Des musiciens tous différents mais en osmose complète, chacun apportant sa pierre à l’édifice, magnifiant cette musique déjà si riche. Helmut, le chanteur, s’abandonne au service des mots, ses propres mots, qu’il nous sert avec une intensité rare. Porté par les autres musiciens, qui, chacun à sa manière, subliment le spectacle. La délicatesse feutrée du trompettiste, la discrétion de l’indispensable contrebassiste, l’implication acharnée du guitariste, la folie du batteur… Tiens, parlons-en du batteur. Survolté. Torturé. Il emmène le public dans sa transe, meneur enragé, dévoilant ses tripes à coup de hurlements tonitruants, offrant plus de profondeur encore à ce spectacle envoûtant. Je me demande ce qui l’attend à la sortie, la civière ou la camisole…

Encore éberluée par la puissance de ce show, je reconnais soudain le début de ma chanson préférée, « La Maison De Nos Pères ». J’en souris de bonheur et m’abandonne, les yeux fermés, à la joie d’être là. Au premier rang, accrochée à la barrière, je vis ce que je pense être à ce moment-là l’apothéose du concert, mais je me trompais. À ma grande surprise c’est « Petit Lapin » qui m’emmène loin, très loin, au bord des larmes même, je vous assure…
Épatée, transportée, je les regarde s’en aller sur « Mauvais Coton », un final tel je l’imaginais sur le disque, chaleureux et captivant. Bonne route, les gars, revenez vite…

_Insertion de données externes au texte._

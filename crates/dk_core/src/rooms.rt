// How much room a commit needs.
ghost use Rattle.std.specs.Prelude.{◌≡◌};
ghost use Rattle.dk_core.specs.Rooms.{places_of as effects_places};

use dk_types::Effects;

/// How many places of each kind have to be there: as many as there are objects, names or tasks that are put there,
/// whichever are most.
pub(crate) fn places_of(effects: &Effects) -> u64
    ensures { result ≡ effects_places effects.now }
{
    let objects = effects.written.as_slice().len();
    let names = effects.bound.as_slice().len();
    let tasks = effects.added.as_slice().len();
    objects.max(names).max(tasks) as u64
}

La salle se rallume sur un public ravi (bien que frustré de ne pas avoir eu de rappel), moi je vais m’assoir un moment pour attendre la suite et me remettre de mes émotions. Je ne tarde pas à aller retrouver ma place devant, car voilà…


Arman qui pointe un minois timide et discret,

branche sa guitare et entame une mélopée planante et torturée. Ses musiciens le rejoignent et la boîte à bijoux s’ouvre enfin, livrant au public les joyaux dont il a le secret. Plus près de la scène que jamais, j’ai tout le loisir d’observer la manière dont ils abordent ce concert. Étrange d’avoir assisté aux balances et de voir ensuite le résultat en public…

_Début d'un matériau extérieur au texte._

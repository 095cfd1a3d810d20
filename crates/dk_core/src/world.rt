//! The core, and what can be read of it.
ghost use Rattle.std.specs.Prelude.{◌≡◌, ℕ, ◌≤◌, [], List, Option, IfOk};
ghost use Rattle.std.specs.FinMap as map;
ghost use Rattle.dk_types.specs.declared.event.Event.{Event};
ghost use Rattle.dk_model.specs.DurableWorlds.{DurableWorld};
ghost use Rattle.dk_model.specs.Events.{Meaning};
ghost use Rattle.dk_model.specs.Openings.{opening};
ghost use Rattle.dk_model.specs.Sights.{IsReadAt};
ghost use Rattle.dk_model.specs.Validity.{IsValid, next_of};
ghost use Rattle.dk_types.specs.declared.limits.TheConstants.{NUMBERS_END};
ghost use Rattle.dk_core.specs.Numbers.{HasNumbers, HasNumbers-prop};

use crate::claims::Claims;
use crate::durable::{StampedWorld, WorldCopy, WorldLook};
use crate::opening::open_connections;
use dk_connections::Connections;
use dk_types::{Durable, Item, NoMemory, Read, RunNo};
use std::alloc::Global;

/// The world on one thread. Its numbers are kept by every call, whatever is committed: no connection has one that is still
/// to be drawn, and there are enough for all commits and claims.
pub struct Core {
    pub(crate) world: StampedWorld,
    pub(crate) connections: Connections,
    pub(crate) claims: Claims,
    pub(crate) moment: u64,
    pub(crate) after_task: bool,
    pub(crate) alloc: Global,
    pub ghost numbers: { HasNumbers world.commits claims connections.connections } by { HasNumbers-prop world.commits claims connections.connections },
}

// Written out, so that a function which lets a core go proves one call and not the way down its trees.
impl Drop for Core {
    fn drop(self) {
        let Core {
            world: _,
            connections: _,
            claims: _,
            moment: _,
            after_task: _,
            alloc: _,
        } = self;
    }
}

/// The number that is drawn first: one more than the largest committed run, or 0 where none is committed.
fn next_number(last: Option<RunNo>) -> u64
    requires { next_of last ≤ NUMBERS_END }
    ensures { result ≡ next_of last }
{
    match last {
        None => 0,
        Some(last) => last.0 + 1,
    }
}

impl Core {
    ghost use Rattle.dk_core.specs.Listings.{world_of as world_in, listed};
    ghost use Rattle.dk_core.specs.StampedWorlds.{durable_of, read_now};
    ghost use Rattle.dk_core.specs.Cores.{world_of, Represents};

    /// The world that a durable world opens to, with a budget of claims or without: each recorded session is told of its
    /// end.
    pub fn open(alloc: Global, durable: Durable, budget: Option<u64>) -> Result<Core, NoMemory>
        requires valid { IsValid (world_in durable) }
        ensures stands { IfOk result (λ core. (rules : Meaning) → Represents rules (world_in durable) budget [] core) }
    {
        let next = next_number(durable.last);
        let world = StampedWorld::open(alloc, durable)?;
        let connections = open_connections(alloc, &world)?;
        Ok(Core {
            world,
            connections,
            claims: Claims::new(alloc, next, budget),
            moment: 0,
            after_task: false,
            alloc,
        })
    }

    /// How many runs are committed.
    pub fn commits(&self) -> u64
        ensures { result ≡ (world_of self.now).durable.commits }
    {
        self.world.commits()
    }

    /// How many tasks are pending.
    pub fn pending_len(&self) -> u64
        ensures { result ≡ map.len (world_of self.now).durable.tasks }
    {
        self.world.pending_len()
    }

    /// What the world answers to an item, and what is seen of it. An object is copied.
    pub fn read(&self, item: &Item) -> Result<Read, NoMemory>
        ensures now { IfOk result (λ read. read ≡ read_now self.now.world item.now) }
        ensures at { IfOk result (λ read. (rules : Meaning) (d : DurableWorld) (budget : Option ℕ) (events : List Event) → Represents rules d budget events self.now → IsReadAt rules (opening d budget) events item.now read) }
    {
        self.world.read(item)
    }

    /// The world as a run reads it.
    pub fn look(&self) -> WorldLook<'_>
        ensures { result.world.now ≡ self.now.world }
    {
        self.world.look()
    }

    /// A copy of the durable world, whose objects are in no order yet: who holds a lock meanwhile puts them in order behind it.
    pub fn copy(&self) -> Result<WorldCopy, NoMemory>
        ensures { IfOk result (λ copy. copy ≡ listed (world_of self.now).durable) }
    {
        self.world.copy(self.alloc)
    }

    /// A copy of the durable world as lists.
    pub fn durable(&self) -> Result<Durable, NoMemory>
        ensures { IfOk result (λ durable. durable ≡ listed (world_of self.now).durable) }
    {
        self.copy()?.in_order()
    }
}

Je retrouve avec amusement l’application presque scolaire de Pacôme, le clavier, sur des back vocals parfaites qui habillent à merveille l’univers d’Arman. Tout est là, la froideur des sons électroniques enveloppés dans les bras tortueux de sa guitare, le grondement perpétuel qui vient prendre les tripes à chaque morceau, la chaleur et la tendresse de sa voix si touchante parfois… Il se donne, s’oublie, offre au public cette musique si prenante, si précise, si ensorcelante. Précise, oui, car Arman est un orfèvre de la mélodie. Ses morceaux sont ciselés, ficelés, taillés comme des pierres précieuses. Il nous rend à travers eux, au centuple, son amour pour la musique.

Et moi, en face, je suis envahie d’émotions, plus fortes les unes que les autres. Le point culminant bien sûr est « Sylvaplana », deuxième fois de la soirée que je me retrouve au bord des larmes. Je ne sais pas si je vais tenir le choc longtemps. Toujours cette impression, troublante et fascinante, que le plafond va exploser et nous envoyer dans une autre galaxie…

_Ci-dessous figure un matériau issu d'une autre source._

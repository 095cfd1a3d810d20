//! The durable world in memory, with a stamp on each item: the number of the commit that wrote it last.
//!
//! A run reads it through `look`. A finished run is committed in three calls: `first_conflict` tells whether its reads
//! still stand, `reserve_for` makes the room, and `commit` then makes its effects and takes no memory. Who may run
//! what, and when, is the business of the core.

pub use conflicts::Conflict;
pub use copies::WorldCopy;
pub use look::WorldLook;
pub use world::StampedWorld;

pub mod commits;
pub mod conflicts;
pub mod copies;
pub mod listing;
pub mod look;
mod publish;
pub mod world;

Arman nous laisse dans cet état et s’éclipse sous les applaudissements incessants, pour mieux revenir nous donner encore un peu de lui. Il en plaisante, cette histoire de rappel faussement imprévu le fait sourire, on sait tous comment ça marche… La fin du concert est délicate, moelleuse, comme pour mieux nous faire aborder la nuit qui va suivre. Mon cœur s’emballe sur les dernières notes, comment vous dire à quel point je n’ai pas envie que cette soirée se termine… Je rejoins malgré tout la sortie et retrouve mon hôtel, des étoiles plein les oreilles.


Ce soir mon cœur a tremblé, mes yeux ont pétillé, le Brise-Glace a fondu. La chaleur du foyer Tellier et du trio Méliès a repoussé un peu l’hiver précoce, me faisant espérer que vite, très vite, je les retrouverai à nouveau au coin du feu.